[Tagging] college vs. university - was: multiple schools on one plot

stevea steveaOSM at softworkers.com
Fri Apr 2 20:10:18 UTC 2021


On Apr 2, 2021, at 12:56 PM, Robin Burek <robin.burek at gmx.de> wrote:
> Am 02.04.2021 um 21:21 schrieb stevea:
> ...Yes, I'm no more confused. You show me, that you don't have understand my problem with it.

This reply is unclear to me:  are you saying that you understand me or that I do NOT understand you, so you are disposing of my exposition of the facts of our wiki here?

> The UCSC is - like a lot of bigger universities in US and worldwide; Harward, Yale, Rice, Princeton - an Collegiate university (see for more information Wikipedia: https://en.wikipedia.org/wiki/Collegiate_university) 
> This "colleges" are subunits of the main university - more or less independently from the university administration. 
> But these sub-units of the university are not covered by the tag "amenity = college". This is also clear in the definition ("a post-secondary education institution which is not a university"). See at Yale, Harward an so on. 

No, again, you attempt to "shoehorn" semantics into much too small a container when in fact the semantics are far, far richer than your simplistic ontology above incorrectly attempts to do.  If I had to characterize why what you say is false about UCSC, the colleges ARE "sub-units of the university," they absolutely ARE correctly tagged "amenity=college."  They are "post-secondary education institutions which are not a university," true, but they are AFFILIATED WITH the university (it may even be said they are "subordinate to it" in hierarchical fashion) as they are LOCATED COTERMINOUSLY on the university campus.  Again, this isn't unusual, this isn't difficult.  This is also true of schools / kindergartens, as our wiki describes.

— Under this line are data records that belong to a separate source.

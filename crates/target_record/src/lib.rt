//! The state of a target as a record of numbers in the caller's memory: what the numbers stand for, what the rules say of an item by them, and what an effect leaves of a LUN.
//!
//! The definitions stand in `specs/`: what a record stands for (`Record`, `Geometry`), and the rules for the last address of a row (`Judging`).
#![tactic(auto)]

mod geometry;
mod judging;
mod lun_change;
mod record;
mod whole;

pub use geometry::OnfiseqGeometry;
pub use judging::{
    driver, is_caching, is_programming, is_shared, judge_address_of, judge_command_of,
    judge_input_of, judge_output_of, judge_there, output_column, queue_len, register_len,
    shows_data, wants_command,
};
pub use lun_change::{become_array_ready, become_ready, change};
pub use record::{
    NO_TARGET, OnfiseqHeld, OnfiseqLun, OnfiseqQueued, OnfiseqTarget, closer_of, flag, is_set,
    latch_code, latch_of, opening_of, record_of, register_of, tail_of,
};
pub use whole::{are_numbers, is_whole, whole_records_are_taken};
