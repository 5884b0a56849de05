use crate::notes::table::{TWO_PLANES, least_text, told_of, words_of};
use micro_word::Word;
use nand_geometry::Geometry;
use std::alloc::Global;
use std::test::Fail;

/// Programs for one LUN with two planes and a cache read, which the verifier takes.
pub(crate) const WORKED: &[&str] = &[
    // An erase of each of two planes at once, and one alone.
    "cmd 60\naddr 2 3\ncmd d1\nwait\nplane 1\ncmd 60\naddr 2 3\ncmd d0\nwait\ncmd 60\naddr 2 3\ncmd d0\nwait\nend 0",
    // A program of each of two planes at once.
    "cmd 80\naddr 0 5\nput 4\ncmd 11\nwait\nplane 1\ncmd 80\naddr 0 5\nput 4\ncmd 10\nwait\nend 0",
    // A program in two places of a page, and an erase.
    "cmd 80\naddr 0 5\nput 4\ncol 40\ncmd 85\naddr 0 2\nput 4\ncmd 10\nwait\ncmd 60\naddr 2 3\ncmd d0\nwait\nend 0",
    // A read in two places of a page, with a status between.
    "cmd 00\naddr 0 5\ncmd 30\nwait\ncmd 00\nget 4\nstat\ncmd 00\ncol 40\ncmd 05\naddr 0 2\ncmd e0\nget 4\nend 0",
    // A read of two pages from the cache.
    "cmd 00\naddr 0 5\ncmd 30\nwait\ncmd 31\nwait\ncmd 00\nget 4\ncmd 3f\nwait\ncmd 00\nget 4\nend 0",
    // The identifier, twice, and the parameter page.
    "col 32\ncmd 90\naddr 0 1\nget 4\ncmd 90\naddr 0 1\ncol 0\ncmd ec\naddr 0 1\nwait\ncmd 00\nget 4\nend 0",
    // A reset, and then a program and a read.
    "cmd ff\nwait\ncmd 80\naddr 0 5\nput 4\ncmd 10\nwait\ncmd 00\naddr 0 5\ncmd 30\nwait\ncmd 00\nget 4\nend 0",
    // Addresses in parts, and queued programs between reads.
    "cmd 00\naddr 0 2\naddr 2 3\ncmd 30\nwait\ncmd 80\naddr 0 5\nput 1\ncmd 11\nwait\nplane 1\ncmd 80\naddr 0 5\nput 1\ncmd 10\nwait\ncmd 00\naddr 0 5\ncmd 30\nwait\nend 0",
    // An erase of four blocks, each with its branch.
    "loop 4\ncmd 60\naddr 2 3\ncmd d0\nwait\nbrs 01 a\nseek 2\na:\nrowadd 4\nnext\nend 0",
    // Four pages of three blocks, each erased first.
    "loop 3\ncmd 60\naddr 2 3\ncmd d0\nwait\nloop 4\ncmd 80\naddr 0 5\nput 16\ncmd 10\nwait\nrowadd 1\nnext\nnext\nend 0",
    // A read of a row or of the next, by the status.
    "stat\nbrs 80 a\nrowadd 1\nyield\na:\ncmd 00\naddr 0 5\ncmd 30\nwait\nbrs 01 b\ncmd 00\nget 8\nend 0\nb:\nend 1",
    // An erase where the last one has not failed, with words that could be left out.
    "row 1\nrow 2\nplane 1\nseek 3\ncol 7\nyield\nstat\nbrs 81 a\nwait\nget 1\na:\ncmd 60\naddr 2 3\ncmd d0\nwait\nbrs 01 b\nend 0\nb:\nend 1",
    // An identifier and reads in a loop of loops.
    "col 32\nloop 2\ncmd 90\naddr 0 1\nget 2\nloop 3\nwait\nnext\nnext\ncol 0\ncmd 00\naddr 0 5\ncmd 30\nwait\ncmd 00\nget 4\nend 0",
];

// How many programs the verifier took, and how many lines their notes have.
#[derive(Clone, Copy)]
struct Counted {
    accepted: usize,
    lines: usize,
}

// Words without those at two places.
fn without(alloc: Global, words: &[Word], one: usize, other: usize) -> Result<Vec<Word>, Fail> {
    let mut left = Vec::new(alloc);
    for (place, word) in words.iter().enumerate() {
        if place != one && place != other {
            left.push(*word)?;
        }
    }
    Ok(left)
}

// Goes through the notes of words, where the verifier takes them.
fn try_words(alloc: Global, words: Vec<Word>, counted: &mut Counted) -> Result<(), Fail> {
    let geometry = Geometry::of(TWO_PLANES)?;
    if let Some(text) = least_text(alloc, &geometry, words)? {
        let told = told_of(alloc, &geometry, &text)?;
        counted.accepted = counted.accepted.saturating_add(1);
        counted.lines = counted.lines.saturating_add(told.as_str().lines().count());
    }
    Ok(())
}

// Tries a program without any one and any two of its words.
fn try_all(alloc: Global, program: &str, counted: &mut Counted) -> Result<(), Fail> {
    let words = words_of(alloc, program)?;
    for one in 0..words.len() {
        for other in one..words.len() {
            try_words(
                alloc,
                without(alloc, words.as_slice(), one, other)?,
                counted,
            )?;
        }
    }
    Ok(())
}

#[test]
fn programs_without_words(rt: HostRuntime) -> Result<(), Fail> {
    let mut counted = Counted {
        accepted: 0,
        lines: 0,
    };
    for program in WORKED {
        try_all(rt.alloc(), program, &mut counted)?;
    }
    assert!(rt; counted.accepted >= 100 && counted.lines >= 100);
    Ok(())
}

So, this is like asking whether California IS or ISN'T a "sub-unit" of the USA or whether Bavaria IS or ISN'T a "sub-unit" of Germany:  the answers are far, far more nuanced than "IS or ISN'T" and is actually something like "both in some cases, one or the other in most cases."  Being overly simplistic with ontologies gets us into syntactic trouble like this, so the best course is to both initially understand the danger of "smearing semantics" with overly simplistic syntax, and then to simply not do so.